• **EXERCISE**
Copy out the line bearing "impl<C: KeyClass> Model" and all the lines after it, to the very end of the material below, exactly as written.

• **RECORD SET**
//! Seats, cursors and pumps at their limits.
use crate::calls::insert;
use crate::desks::{Scene, limits, play};
use desk::{Desk, Seat};
use history::Naming;
use interval_class::{Interval, Intervals};
use key_class::Refusal;
use pumps::{Gate, Pumps};
use std::alloc::Global;
use std::process::Abort;
use std::sync::Wait;
use std::sync::ledger::Ledger;
use std::test::*;
use test_support::all;

/// Opens a cursor on all rows, which stays open, and returns the number of commits at its opening.
fn open<L: Ledger + Naming, R: Wait>(
    rt: &R,
    desk: &Desk<Intervals, L>,
    seat: &mut Seat<Intervals, L>,
    room: u64,
) -> Result<u64, Refusal> {
    Ok(desk.open_cursor(rt, seat, all(), room)?.opened())
}

/// How many cursors of the greatest room a seat opens before one is refused.
fn open_all<L: Ledger + Naming, R: Wait>(
    rt: &R,
    desk: &Desk<Intervals, L>,
    seat: &mut Seat<Intervals, L>,
) -> (u64, Option<Refusal>) {
    for count in 0..1_000 {
        if let Err(why) = open(rt, desk, seat, 4_096) {
            return (count, Some(why));
        }
    }
    (1_000, None)
}

/// Each seat inserts a row and opens a cursor; then the first opens cursors until one is refused.
#[derive(Drop)]
struct Many {}

impl Scene for Many {
    fn play<L: Ledger + Naming, R: Wait + Abort>(
        &self,
        rt: &R,
        _alloc: Global,
        desk: &Desk<Intervals, L>,
        seats: &mut [Seat<Intervals, L>],
    ) -> Result<(), Refusal> {
        for seat in seats.iter_mut() {
            let number = insert(rt, desk, seat, Interval::new(1, 2)?)?;
            let opened = open(rt, desk, seat, 1)?;
            assert!(rt; number == u64::from(seat.number()) && opened == number);
        }
        let Some(seat) = seats.first_mut() else {
            return Err(Refusal::BadConfig);
        };
        let opened = open_all(rt, desk, seat);
        assert!(rt; opened == (192, Some(Refusal::CursorsFull)));
        Ok(())
    }
}

#[test]
fn limits_are_reached(rt: HostRuntime) -> Result<(), Fail> {
    assert!(rt; play(&rt, rt.alloc(), limits(64, 99), 64, &Many {})? == 64);
    Ok(())
}

/// A gate that is always open.
#[derive(Drop)]
struct AlwaysOpen {}

impl Gate for AlwaysOpen {
    fn may_turn(&self, _cursor: u64) -> bool {
        true
    }
}

fn refusal_of_pumps(count: usize) -> Option<Refusal> {
    Pumps::new(count, AlwaysOpen {}).err()
}

#[test]
fn pumps_are_one_to_sixteen(rt: HostRuntime) {
    for (count, wanted) in [
        (0, Some(Refusal::BadConfig)),
        (1, None),
        (16, None),
        (17, Some(Refusal::BadConfig)),
    ] {
        assert!(rt; refusal_of_pumps(count) == wanted, "{count}");
    }
}
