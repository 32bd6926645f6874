ghost use Rattle.std.specs.Prelude.{◌≡◌, ◌≢◌, ◌+◌, ◌*◌, ◌<◌, ◌≤◌, length, true, IfOk, IfErr, OnOk, OnErr};
ghost use Rattle.key_class.specs.Limits.{most_pages};
ghost use Rattle.page_table.specs.Trees.{page_at};
ghost use Rattle.page_table.specs.Keeping.{KeepsRows, EachEntry, StandsIn, KeepsRowsInOrder, GainsEntry, KeepsRowsAtEveryMemo};
ghost use Rattle.page_table.specs.Soundness.{IsSound};
ghost use Rattle.split.specs.SearchTrees.{PostsSibling, AreNextTwo, divided, with_death, empty_tree, with_entry, without_unneeded, with_growth, extended, with_move};
ghost use Rattle.split.specs.Tests.{first_failing, IsRefusedBy, is_leaf, config_tests, split_tests, post_tests, grow_tests, sweep_tests, CountsSides, RefusesPlace, PlacePasses, NoneFails, RefusesEnlarge, refusal_to_place, refusal_to_enlarge, sides_well, EnlargePasses, WantsMemoryToSweep};
ghost use Rattle.page_table.specs.LeafChanges.{CountsUnneeded};

use crate::steps;
use key_class::limits::{MAX_FAN, MAX_PAGES, MIN_FAN, MIN_LEAST};
use key_class::{KeyClass, Refusal, Side, Sides};
use page_table::PageTable;
use row_version::Entry;
use std::alloc::{AllocError, Global};
use std::marker::Model;

/// A sound tree of pages, with its limits.
#[derive(Drop)]
pub struct SearchTree<C: KeyClass> {
    alloc: Global,
    table: PageTable<C::Key>,
    fan: usize,
    least: usize,
    limit: usize,
}

impl<C: KeyClass> Model for SearchTree<C> {
    ghost use Rattle.split.specs.SearchTrees as model;
    ghost use Rattle.split.specs.SearchTrees.{IsSearchTree};

    ghost Value = { model.SearchTree C.Key };

    ghost view = { λ t. record { tree = t.table; fan = t.fan; least = t.least; limit = t.limit } };

    ghost invariant = { λ t. IsSearchTree C.rules.is_cover t.table t.fan t.least t.limit };
}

• **EXPECTED ANSWER**
impl<C: KeyClass> Model for SearchTree<C> {
    ghost use Rattle.split.specs.SearchTrees as model;
    ghost use Rattle.split.specs.SearchTrees.{IsSearchTree};

    ghost Value = { model.SearchTree C.Key };

    ghost view = { λ t. record { tree = t.table; fan = t.fan; least = t.least; limit = t.limit } };

    ghost invariant = { λ t. IsSearchTree C.rules.is_cover t.table t.fan t.least t.limit };
}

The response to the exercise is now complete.